Sergueï PARADJANOV --- Cliquer pour agrandir
Naissance le 9 janvier 1924 à Tbilissi (Géorgie), décès le 21 juillet 1990 à Erevan (Arménie).

Serguei Paradjanov, de son vrai nom Sarkis Paradjanian, est né à Tbilissi, en Géorgie, le 9 janvier 1924, de parents arméniens. De 1942 à 1945, il étudie le chant au conservatoire de musique de sa ville natale. Il s'initie également à la peinture. En 1946, il entre à l'Institut cinématographique d'État, le V.G.I.K., à la section de mise en scène. Élève du réalisateur ukrainien Igor Savtchenko, il est également son assistant pour certains de ses films. Il achève ses études sous la direction de Mikhail Romm en 1952. Cette année-là, il obtint son diplôme de réalisateur, que paraphe Dovjenko.


Un an plus tard, il est assistant de Vladimir Braun sur le film MAXIMKA; puis, dès 1954, il entre aux studios Dovjenko, à Kiev, et réalise plusieurs courts-métrages et trois longs-métrages en langue ukrainienne.


Avec LES CHEVAUX DE FEU (1965), dont son film de fin d'études était déjà l'esquisse, Paradjanov adapte la nouvelle "Les Ombres des ancêtres oubliés", d'un écrivain ukrainien du début du siècle, Mikhail Kotzubinsky. Le film, perçu comme un signe de renouveau dans le classicisme du cinéma soviétique, remporte de nombreuses récompenses internationales, notamment le 1er Prix du Festival de Mar del Plata. Paradoxalement, c'est à cette époque que commencent pour lui les difficultés avec les autorités... peut-être liées avec ses prises de position en faveur d'intellectuels ukrainiens dissidents.


En 1968, Serguei Paradjanov s'installe à Erevan et travaille avec la communauté arménienne à la réalisation de SAYAT NOVA, COULEUR DE LA GRENADE. Le film, récit à la fois historique, poétique et baroque, sur la vie du poète arménien du XVIIIe siècle Sayat Nova, est très vite retiré de l'affiche en raison de son anticonformisme, esthétique, loin du réalisme socialiste de rigueur, et idéologique, les allusions au nationalisme arménien étant par trop évidentes. Dès la sortie de son œuvre en 1969, Paradjanov est pratiquement condamné au chômage; ses différents projets sont, soit refusés, soit interdits.

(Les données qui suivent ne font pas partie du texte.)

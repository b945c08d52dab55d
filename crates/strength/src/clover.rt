#![tactic(auto, using(geometry::proofs::Shape::volume_high, geometry::proofs::Neighbour::near_up, geometry::proofs::Neighbour::near_down, geometry::proofs::Neighbour::fwd_below, geometry::proofs::Neighbour::bwd_below, geometry::proofs::Neighbour::up_down, geometry::proofs::Neighbour::down_up, geometry::proofs::Neighbour::down_down, crate::proofs::Corners::up_down_low, crate::proofs::Corners::down_up_low, crate::proofs::Corners::down_down_low), unfolding(gauge::specs::Plaquette::plaquette_of, crate::specs::Clover::clover_of, crate::specs::Clover::strength_of, crate::specs::Clover::strengths_of))]

ghost use Rattle.std.specs.Prelude.{◌≡◌, ◌<◌};
ghost use Rattle.geometry.specs.Radix.{volume};
ghost use Rattle.geometry.specs.Steps.{fwd_of, bwd_of};
ghost use Rattle.gauge.specs.Field.{link_of};
ghost use Rattle.strength.specs.Clover.{upper_left, lower_left, lower_right, clover_of, strength_of, strengths_of};

use crate::{Plane, Site};
use mat::Su3;

impl Site<'_> {
    // n + mu
    fn up(&self, mu: usize) -> usize
        requires { mu < 4 }
        ensures step { result ≡ fwd_of self.now.lattice.extents.d self.now.n mu }
        ensures below { result < volume self.now.lattice.extents.d }
    {
        self.near.up[mu]
    }

    // n - mu
    fn down(&self, mu: usize) -> usize
        requires { mu < 4 }
        ensures step { result ≡ bwd_of self.now.lattice.extents.d self.now.n mu }
        ensures below { result < volume self.now.lattice.extents.d }
    {
        self.near.down[mu]
    }

    // In the six planes.
    pub fn field_strength_at(&self) -> [Su3; 6]
        ensures { let l = self.now.lattice in result ≡ strengths_of l.extents.d (link_of l.extents.d l.links.now) self.now.n }
    {
        [
            self.plane(0, 1).strength(),
            self.plane(0, 2).strength(),
            self.plane(0, 3).strength(),
            self.plane(1, 2).strength(),
            self.plane(1, 3).strength(),
            self.plane(2, 3).strength(),
        ]
    }
}

// A corner's number is a sum where mu and nu differ: n - mu + nu is (n - mu) + (n + nu) - n.
impl Plane<'_> {
    // n + nu - mu
    fn above_left(&self) -> usize
        ensures corner { let d = self.now.site.now.lattice.extents.d in result ≡ bwd_of d (fwd_of d self.now.site.now.n self.now.nu) self.now.mu }
        ensures below { result < volume self.now.site.now.lattice.extents.d }
    {
        self.site.up(self.nu) + self.site.down(self.mu) - self.site.n
    }

    // n - mu - nu
    fn below_left(&self) -> usize
        ensures corner { let d = self.now.site.now.lattice.extents.d in result ≡ bwd_of d (bwd_of d self.now.site.now.n self.now.mu) self.now.nu }
        ensures below { result < volume self.now.site.now.lattice.extents.d }
    {
        self.site.down(self.mu) + self.site.down(self.nu) - self.site.n
    }

    // n - nu + mu
    fn below_right(&self) -> usize
        ensures corner { let d = self.now.site.now.lattice.extents.d in result ≡ fwd_of d (bwd_of d self.now.site.now.n self.now.nu) self.now.mu }
        ensures below { result < volume self.now.site.now.lattice.extents.d }
    {
        self.site.down(self.nu) + self.site.up(self.mu) - self.site.n
    }

    // U_ν(n) U_μ†(w) U_ν†(b) U_μ(b): b is n - mu, w is n + nu - mu.
    fn upper_left(&self) -> Su3
        ensures { let l = self.now.site.now.lattice in let d = l.extents.d in let n = self.now.site.now.n in let mu = self.now.mu in let nu = self.now.nu in result ≡ upper_left (link_of d l.links.now) mu nu n (bwd_of d n mu) (bwd_of d (fwd_of d n nu) mu) }
    {
        let Plane { site, mu, nu } = *self;
        let u = site.lattice;
        let b = site.down(mu);
        u.link(nu, site.n)
            .mul_dag(u.link(mu, self.above_left()))
            .mul_dag(u.link(nu, b))
            * u.link(mu, b)
    }

    // U_μ†(b) U_ν†(w) U_μ(w) U_ν(c): b is n - mu, c is n - nu, w is n - mu - nu.
    fn lower_left(&self) -> Su3
        ensures { let l = self.now.site.now.lattice in let d = l.extents.d in let n = self.now.site.now.n in let mu = self.now.mu in let nu = self.now.nu in result ≡ lower_left (link_of d l.links.now) mu nu (bwd_of d n mu) (bwd_of d n nu) (bwd_of d (bwd_of d n mu) nu) }
    {
        let Plane { site, mu, nu } = *self;
        let u = site.lattice;
        let w = self.below_left();
        let x = u.link(nu, w) * u.link(mu, site.down(mu));
        let y = u.link(mu, w) * u.link(nu, site.down(nu));
        x.dag_mul(y)
    }

    // U_ν†(c) U_μ(c) U_ν(w) U_μ†(n): c is n - nu, w is n - nu + mu.
    fn lower_right(&self) -> Su3
        ensures { let l = self.now.site.now.lattice in let d = l.extents.d in let n = self.now.site.now.n in let mu = self.now.mu in let nu = self.now.nu in result ≡ lower_right (link_of d l.links.now) mu nu n (bwd_of d n nu) (fwd_of d (bwd_of d n nu) mu) }
    {
        let Plane { site, mu, nu } = *self;
        let u = site.lattice;
        let c = site.down(nu);
        let x = u.link(nu, c).dag_mul(u.link(mu, c));
        let y = u.link(nu, self.below_right()).mul_dag(u.link(mu, site.n));
        x * y
    }

    // The sum of the four leaves, the plaquette first.
    pub fn clover_leaves(&self) -> Su3
        ensures { let l = self.now.site.now.lattice in result ≡ clover_of l.extents.d (link_of l.extents.d l.links.now) self.now.site.now.n self.now.mu self.now.nu }
    {
        let Plane { site, mu, nu } = *self;
        let l1 = site
            .lattice
            .plaquette_at(site.n, mu, nu, site.up(mu), site.up(nu));
        let l2 = self.upper_left();
        let l3 = self.lower_left();
        let l4 = self.lower_right();
        l1 + l2 + l3 + l4
    }

    // F_μν.
    pub fn strength(&self) -> Su3
        ensures { let l = self.now.site.now.lattice in result ≡ strength_of l.extents.d (link_of l.extents.d l.links.now) self.now.site.now.n self.now.mu self.now.nu }
    {
        self.clover_leaves().traceless_antihermitian().scale(0.25)
    }
}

Remontée par Youtkevitch, une nouvelle version, censurée, est présentée à Moscou en 1971... pour être retirée après deux semaines d'exploitation ! De graves ennuis attendent alors le cinéaste.


En décembre 1973, il est arrêté et accusé de "trafic d'icônes et de devises", d'"incitation au suicide", d'"homosexualité"... ce dernier délit le condamnant, en avril 1974, à cinq ans de camp de travail, malgré des troubles de la vue et une maladie cardiaque. On annonce son suicide en 1976 alors que son état de santé est alarmant. L'opinion internationale s'émeut et entreprend de nombreuses démarches auprès des autorités soviétiques pour obtenir la libération immédiate de Paradjanov. La rumeur de sa mort persiste et en août de l'année 1977, les milieux arméniens parlent du suicide du détenu dans sa cellule... Les nouvelles les plus contradictoires circulent; on apprend bientôt, pourtant, que Serguei Paradjanov a été libéré le 30 décembre 1977, par suite d'une remise de peine.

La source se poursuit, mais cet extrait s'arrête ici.